→ To do
This exercise requires every record to be repeated exactly.

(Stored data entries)
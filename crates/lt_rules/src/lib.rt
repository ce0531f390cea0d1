//! Transfer rules, and which of them may be chosen for a constant.
#![tactic(auto)]

mod fitting;
mod rule;
mod rule_base;
mod rule_index;
mod rule_list;
mod rule_read_fault;
mod shared_rule;

pub use fitting::fits;
pub use rule::TransferRule;
pub use rule_base::RuleBase;
pub use rule_list::RuleList;
pub use rule_read_fault::RuleReadFault;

→ Result of the exercise
filename crates/lt_rules/src/lib.rt
repository ce0531f390cea0d1
//! Transfer rules, and which of them may be chosen for a constant.
#![tactic(auto)]

mod fitting;
mod rule;
mod rule_base;
mod rule_index;
mod rule_list;
mod rule_read_fault;
mod shared_rule;

pub use fitting::fits;
pub use rule::TransferRule;
pub use rule_base::RuleBase;
pub use rule_list::RuleList;
pub use rule_read_fault::RuleReadFault;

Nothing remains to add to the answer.